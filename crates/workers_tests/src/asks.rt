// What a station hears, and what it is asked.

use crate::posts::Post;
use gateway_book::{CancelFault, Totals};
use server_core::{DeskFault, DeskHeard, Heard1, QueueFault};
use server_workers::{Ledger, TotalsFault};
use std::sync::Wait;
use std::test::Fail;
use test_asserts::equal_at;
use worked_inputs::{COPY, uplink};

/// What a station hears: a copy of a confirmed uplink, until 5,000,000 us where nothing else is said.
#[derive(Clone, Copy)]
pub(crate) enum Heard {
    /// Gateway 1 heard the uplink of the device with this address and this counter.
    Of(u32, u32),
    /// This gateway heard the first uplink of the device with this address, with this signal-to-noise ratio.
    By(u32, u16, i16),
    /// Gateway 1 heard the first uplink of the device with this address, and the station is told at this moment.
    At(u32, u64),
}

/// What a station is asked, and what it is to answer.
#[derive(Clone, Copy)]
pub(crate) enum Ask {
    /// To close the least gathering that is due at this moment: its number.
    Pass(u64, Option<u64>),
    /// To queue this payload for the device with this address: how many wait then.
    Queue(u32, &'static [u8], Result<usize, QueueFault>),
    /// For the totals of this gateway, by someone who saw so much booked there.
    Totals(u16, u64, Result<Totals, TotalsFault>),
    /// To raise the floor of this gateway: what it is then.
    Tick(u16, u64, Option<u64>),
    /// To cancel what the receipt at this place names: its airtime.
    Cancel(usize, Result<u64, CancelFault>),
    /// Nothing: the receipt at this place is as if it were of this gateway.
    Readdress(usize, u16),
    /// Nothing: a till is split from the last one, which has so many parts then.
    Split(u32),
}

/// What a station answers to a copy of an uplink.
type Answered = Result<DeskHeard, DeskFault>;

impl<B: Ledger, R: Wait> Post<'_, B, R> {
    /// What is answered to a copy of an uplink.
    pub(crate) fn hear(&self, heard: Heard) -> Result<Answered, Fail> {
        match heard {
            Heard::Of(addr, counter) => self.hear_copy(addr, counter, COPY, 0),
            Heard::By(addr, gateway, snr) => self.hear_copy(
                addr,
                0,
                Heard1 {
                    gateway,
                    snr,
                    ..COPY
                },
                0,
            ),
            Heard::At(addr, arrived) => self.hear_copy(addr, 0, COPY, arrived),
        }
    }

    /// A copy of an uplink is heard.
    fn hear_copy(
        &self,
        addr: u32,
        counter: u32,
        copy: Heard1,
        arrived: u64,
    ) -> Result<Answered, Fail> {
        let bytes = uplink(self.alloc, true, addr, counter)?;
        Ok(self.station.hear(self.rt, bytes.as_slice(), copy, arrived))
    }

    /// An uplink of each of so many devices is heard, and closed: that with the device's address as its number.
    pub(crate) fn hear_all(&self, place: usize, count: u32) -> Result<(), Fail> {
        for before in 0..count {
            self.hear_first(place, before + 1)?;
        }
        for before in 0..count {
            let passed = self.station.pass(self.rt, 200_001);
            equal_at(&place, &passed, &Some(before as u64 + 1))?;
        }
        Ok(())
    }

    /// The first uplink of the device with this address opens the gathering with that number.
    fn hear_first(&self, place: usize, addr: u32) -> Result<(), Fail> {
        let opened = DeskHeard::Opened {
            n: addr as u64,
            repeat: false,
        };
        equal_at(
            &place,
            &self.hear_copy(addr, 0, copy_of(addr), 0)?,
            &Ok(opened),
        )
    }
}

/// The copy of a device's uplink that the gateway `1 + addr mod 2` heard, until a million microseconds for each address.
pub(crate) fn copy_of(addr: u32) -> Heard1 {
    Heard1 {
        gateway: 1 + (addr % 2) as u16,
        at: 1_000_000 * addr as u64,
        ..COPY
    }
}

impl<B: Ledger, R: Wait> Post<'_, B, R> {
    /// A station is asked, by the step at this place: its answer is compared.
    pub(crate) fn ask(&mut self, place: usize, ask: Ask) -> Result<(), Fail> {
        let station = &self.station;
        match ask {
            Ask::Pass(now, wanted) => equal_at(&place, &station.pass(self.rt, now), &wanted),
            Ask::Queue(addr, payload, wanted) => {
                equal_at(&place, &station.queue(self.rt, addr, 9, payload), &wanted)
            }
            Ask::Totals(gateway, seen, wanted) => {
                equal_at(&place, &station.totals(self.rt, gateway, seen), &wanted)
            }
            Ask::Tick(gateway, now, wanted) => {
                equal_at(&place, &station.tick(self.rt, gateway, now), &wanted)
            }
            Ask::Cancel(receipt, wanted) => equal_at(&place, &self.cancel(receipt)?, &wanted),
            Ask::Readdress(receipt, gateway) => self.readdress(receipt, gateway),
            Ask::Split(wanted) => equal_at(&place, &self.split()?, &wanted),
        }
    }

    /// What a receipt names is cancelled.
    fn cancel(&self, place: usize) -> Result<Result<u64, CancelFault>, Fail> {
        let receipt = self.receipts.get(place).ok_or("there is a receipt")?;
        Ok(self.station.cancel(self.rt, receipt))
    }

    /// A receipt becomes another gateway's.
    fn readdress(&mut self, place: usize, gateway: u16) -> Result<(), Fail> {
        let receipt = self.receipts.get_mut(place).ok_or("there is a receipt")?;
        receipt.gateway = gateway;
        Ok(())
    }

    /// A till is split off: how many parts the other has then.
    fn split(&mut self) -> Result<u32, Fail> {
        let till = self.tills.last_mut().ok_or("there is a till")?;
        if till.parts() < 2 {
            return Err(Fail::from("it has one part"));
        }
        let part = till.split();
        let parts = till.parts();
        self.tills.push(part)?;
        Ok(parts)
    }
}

# [Task]
Please reproduce, exactly as they appear above, the lines from the line containing "fn cancel(&self, place: usize)" up to and including the line containing "becomes another gateway's.".

# [Your solution]
    fn cancel(&self, place: usize) -> Result<Result<u64, CancelFault>, Fail> {
        let receipt = self.receipts.get(place).ok_or("there is a receipt")?;
        Ok(self.station.cancel(self.rt, receipt))
    }

    /// A receipt becomes another gateway's.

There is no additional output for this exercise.